Metrics models

The repometrics package allows the construction of “models” adapted from those developed by the CHAOSS community (“Community Health Analytics in Open Source Software”). These models collate various numbers of individual “metrics”:

to provide deeper context and answer more complex questions about a community’s health.

The metrics used in the models are described in the separate CHAOSS metrics vignette, and are detailed in the data.frame returned by the rm_metrics_list() function.

In contrast to the metrics, each of which is encoded as a separate function within this package, the models are not hard-coded, rather the metrics used in each are defined within a single JSON file stored at extdata/metrics-models/metrics-models.json in the inst sub-directory of the package. This allows the model construction to be easily modified without needing to modify the underlying code of this package.

The file can be accessed by loading the package:

library (repometrics)

and then locating the file with:

f <- system.file (
    fs::path ("extdata", "metrics-models", "metrics-models.json"),
    package = "repometrics"
)

This file defines all CHAOSS metrics used in this package, and lists the metrics used to construct each model.

The models used here

Each model collates individual metrics defined in the chaoss-models.json file, with final model values summing individual values of all component metrics, as described in the following sub-section.

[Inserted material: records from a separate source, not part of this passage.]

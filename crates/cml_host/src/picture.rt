//! The picture of a run that is over.

ghost use Rattle.std.specs.Prelude.{◌≡◌, ℕ, IfOk, List, Some, is_some, option_map, true};
ghost use Rattle.cml_host.specs.{Drawn.{AllDrawn}, Plans.{Opens}, Replies.{plain_file, plain_of}};
ghost use Rattle.cml_host.specs.Running.{IsPictured, IsRunDrawn, and_saves, but_says, wanted_of};
ghost use Rattle.cml_hub.specs.Runs.{stands};
ghost use Rattle.cml_step.specs.Calls.{text_of};

use crate::close::{Asked, Subject};
use crate::draw::TOO_LONG;
use crate::opening::begin;
use crate::reply::{File, Reply, new_file};
use crate::tell::let_go;
use cml_hub::{Hub, Item};
use cml_picture::{DrawFault, draw};
use std::alloc::{AllocError, Global};

/// A picture that is asked for.
#[derive(Clone, Copy)]
pub struct Wanted<'a> {
    /// The name under which it is saved.
    pub name: &'a str,
    /// The script that is drawn.
    pub subject: &'a Subject<'a>,
}

/// The picture that is asked for under this name, where the script is kept.
pub fn wanted_from<'a>(asked: &'a Asked<'a>, name: Option<&'a str>) -> Option<Wanted<'a>>
    ensures { option_map (λ wanted. wanted.name.now) result ≡ wanted_of (option_map (λ name. name.now) name.entry) (is_some asked.now.subject) }
{
    let name = name?;
    let subject = asked.subject.as_ref()?;
    Some(Wanted { name, subject })
}

/// The reply with the picture of the run of this hub that is asked for: it is saved behind the other files; or where there is too much to draw,
/// that is said in place of how the run ended.
///
/// # Errors
/// Out of memory.
pub fn with_picture(
    alloc: Global,
    hub: &Hub,
    explains: bool,
    wanted: &Option<Wanted<'_>>,
    bare: Reply,
) -> Result<Reply, AllocError>
    ensures { IfOk result (λ reply. IsPictured explains (option_map (λ wanted. wanted.name.now) wanted.now) hub.now.course.program hub.now.budget hub.now.course.items (plain_of bare) (plain_of reply)) }
{
    match wanted {
        Some(wanted) => add_picture(alloc, hub, explains, wanted, bare),
        None => Ok(bare),
    }
}

// The reply with this picture.
#[inline(never)]
fn add_picture(
    alloc: Global,
    hub: &Hub,
    explains: bool,
    wanted: &Wanted<'_>,
    bare: Reply,
) -> Result<Reply, AllocError>
    ensures { IfOk result (λ reply. IsPictured explains (Some wanted.now.name.now) hub.now.course.program hub.now.budget hub.now.course.items (plain_of bare) (plain_of reply)) }
{
    match draw_run(alloc, hub, wanted.subject)? {
        Some(bytes) => and_file(new_file(alloc, explains, wanted.name, bytes)?, bare),
        None => too_long(alloc, bare),
    }
}

// The reply with one file more.
fn and_file(file: File, bare: Reply) -> Result<Reply, AllocError>
    ensures { IfOk result (λ reply. plain_of reply ≡ and_saves (plain_of bare) (plain_file file)) }
{
    let Reply {
        output,
        mut files,
        words,
        status,
    } = bare;
    files.push(file)?;
    Ok(Reply {
        output,
        files,
        words,
        status,
    })
}

// The reply where there is too much to draw.
fn too_long(alloc: Global, bare: Reply) -> Result<Reply, AllocError>
    ensures { IfOk result (λ reply. (told : List ℕ) × (plain_of reply ≡ but_says (plain_of bare) told)) }
{
    let Reply { output, files, .. } = bare;
    let words = Vec::from_slice(alloc, TOO_LONG)?;
    Ok(Reply {
        output,
        files,
        words,
        status: 1,
    })
}

// The picture of the run of this hub, or none where there is too much to draw.
fn draw_run(alloc: Global, hub: &Hub, subject: &Subject<'_>) -> Result<Option<Vec<u8>>, AllocError>
    ensures { IfOk result (λ drawn. IsRunDrawn hub.now (option_map (λ bytes. bytes.items) drawn)) }
{
    let mut again = begin_again(alloc, hub)?;
    let drawn = draw_all(alloc, &mut again, subject, hub.schedule());
    let_go(again);
    drawn
}

// A hub at the beginning of a run of the program of this one, under its budget.
fn begin_again(alloc: Global, hub: &Hub) -> Result<Hub, AllocError>
    ensures { IfOk result (Opens hub.now.course.program hub.now.budget) }
{
    let program = hub.program().copy()?;
    begin(alloc, program, hub.budget())
}

// The picture of these items, which lead somewhere from the beginning of a run on.
fn draw_all(
    alloc: Global,
    hub: &mut Hub,
    subject: &Subject<'_>,
    items: &[Item],
) -> Result<Option<Vec<u8>>, AllocError>
    requires opens { Opens hub.old.course.program hub.old.budget hub.old }
    requires leads { is_some (stands (text_of hub.old.course.program) items.now) ≡ true }
    ensures { IfOk result (λ drawn. AllDrawn hub.old.course items.now (option_map (λ bytes. bytes.items) drawn)) }
{
    let text = subject.text.as_slice();
    let forms = subject.forms.as_slice();
    let last = items.len();
    match draw(alloc, subject.name, text, forms, hub, items, 1, last) {
        Ok(picture) => Ok(Some(picture)),
        Err(DrawFault::TooMany) => Ok(None),
        Err(DrawFault::Memory) => Err(AllocError),
        Err(DrawFault::BadItem(_)) => unreachable!(),
    }
}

Combining metrics within models

Different CHAOSS metrics quantify different properties, and are measured on different scales. To combine metrics into a single model, differences in scale must be reconciled. The metrics-models.json file defines each metrics according to one of five types of measurement:

binary, translated to 0 for false and 1 for true;
count, for integer numbers greater than or equal to 0;
ratio, for floating-point numbers between 0 and 1;
days, for integer measurements in days; and
real, for single, real values greater than zero.

Metrics measured as counts or days are log-transformed before being aggregated to final models. Each metric also indicates where higher or lower values are desirable. Aggregate model scores are designed so that higher values are better, so any metrics for which lower values are better are first negated before being aggregated into overall model scores.